--- REQUIRED ACTION ---
Somewhere below, one line contains "have it (profile)." and a later line contains "pub struct Key(pub u16);". Output those two lines and everything between them exactly, and nothing else.
- Opening Delimiter -
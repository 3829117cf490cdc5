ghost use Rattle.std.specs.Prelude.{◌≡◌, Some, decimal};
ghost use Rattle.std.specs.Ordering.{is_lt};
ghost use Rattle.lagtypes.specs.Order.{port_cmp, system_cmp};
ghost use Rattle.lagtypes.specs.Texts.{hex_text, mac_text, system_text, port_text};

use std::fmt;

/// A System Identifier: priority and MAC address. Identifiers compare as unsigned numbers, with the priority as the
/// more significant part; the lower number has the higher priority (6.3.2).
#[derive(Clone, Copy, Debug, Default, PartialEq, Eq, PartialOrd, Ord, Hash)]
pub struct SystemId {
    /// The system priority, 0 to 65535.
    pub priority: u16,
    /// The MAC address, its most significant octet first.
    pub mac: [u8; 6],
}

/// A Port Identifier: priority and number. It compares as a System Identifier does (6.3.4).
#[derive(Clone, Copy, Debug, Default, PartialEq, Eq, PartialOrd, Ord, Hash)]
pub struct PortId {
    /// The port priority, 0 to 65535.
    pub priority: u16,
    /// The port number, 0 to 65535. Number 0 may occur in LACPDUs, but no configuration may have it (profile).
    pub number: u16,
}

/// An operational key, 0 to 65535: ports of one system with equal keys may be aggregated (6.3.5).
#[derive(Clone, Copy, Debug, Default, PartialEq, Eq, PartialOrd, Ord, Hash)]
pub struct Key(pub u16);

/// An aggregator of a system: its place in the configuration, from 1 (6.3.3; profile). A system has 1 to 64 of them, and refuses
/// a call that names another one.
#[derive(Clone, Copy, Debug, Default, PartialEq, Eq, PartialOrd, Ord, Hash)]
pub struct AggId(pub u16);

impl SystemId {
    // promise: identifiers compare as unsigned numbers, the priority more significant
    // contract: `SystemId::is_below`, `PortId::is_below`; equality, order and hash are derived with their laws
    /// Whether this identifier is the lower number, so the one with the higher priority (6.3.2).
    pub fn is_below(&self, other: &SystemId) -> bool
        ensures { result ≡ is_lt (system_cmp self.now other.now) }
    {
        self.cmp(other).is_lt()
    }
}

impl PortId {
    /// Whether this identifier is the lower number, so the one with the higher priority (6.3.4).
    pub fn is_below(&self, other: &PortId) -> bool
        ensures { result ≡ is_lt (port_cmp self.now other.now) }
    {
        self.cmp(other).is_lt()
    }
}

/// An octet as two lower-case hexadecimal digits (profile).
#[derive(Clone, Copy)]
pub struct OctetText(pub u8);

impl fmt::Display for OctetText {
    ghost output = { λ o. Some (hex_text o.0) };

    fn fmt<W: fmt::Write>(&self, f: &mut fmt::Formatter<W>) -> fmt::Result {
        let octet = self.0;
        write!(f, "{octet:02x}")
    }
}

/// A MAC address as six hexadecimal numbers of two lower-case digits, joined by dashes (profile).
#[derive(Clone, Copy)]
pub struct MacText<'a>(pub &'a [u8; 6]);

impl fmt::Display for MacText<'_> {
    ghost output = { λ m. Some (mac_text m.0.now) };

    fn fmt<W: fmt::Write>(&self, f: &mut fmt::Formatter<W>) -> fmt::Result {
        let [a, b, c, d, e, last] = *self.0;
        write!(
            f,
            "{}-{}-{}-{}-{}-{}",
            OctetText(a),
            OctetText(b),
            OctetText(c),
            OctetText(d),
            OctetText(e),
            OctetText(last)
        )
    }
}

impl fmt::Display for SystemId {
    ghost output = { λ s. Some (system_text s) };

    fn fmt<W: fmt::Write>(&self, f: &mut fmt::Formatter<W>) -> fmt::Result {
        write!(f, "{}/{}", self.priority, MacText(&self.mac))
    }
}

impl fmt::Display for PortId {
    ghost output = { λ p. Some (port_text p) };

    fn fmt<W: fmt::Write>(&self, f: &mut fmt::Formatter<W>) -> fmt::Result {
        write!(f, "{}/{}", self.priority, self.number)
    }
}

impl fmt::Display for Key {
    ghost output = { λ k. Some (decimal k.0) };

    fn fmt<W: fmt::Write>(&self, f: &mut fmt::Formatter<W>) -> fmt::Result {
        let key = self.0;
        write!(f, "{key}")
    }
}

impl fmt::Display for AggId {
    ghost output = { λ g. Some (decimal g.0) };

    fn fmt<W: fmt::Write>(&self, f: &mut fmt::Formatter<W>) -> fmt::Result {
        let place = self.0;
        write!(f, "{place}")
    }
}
- Closing Delimiter -
--- WRITTEN SOLUTION ---
    /// The port number, 0 to 65535. Number 0 may occur in LACPDUs, but no configuration may have it (profile).
    pub number: u16,
}

/// An operational key, 0 to 65535: ports of one system with equal keys may be aggregated (6.3.5).
#[derive(Clone, Copy, Debug, Default, PartialEq, Eq, PartialOrd, Ord, Hash)]
pub struct Key(pub u16);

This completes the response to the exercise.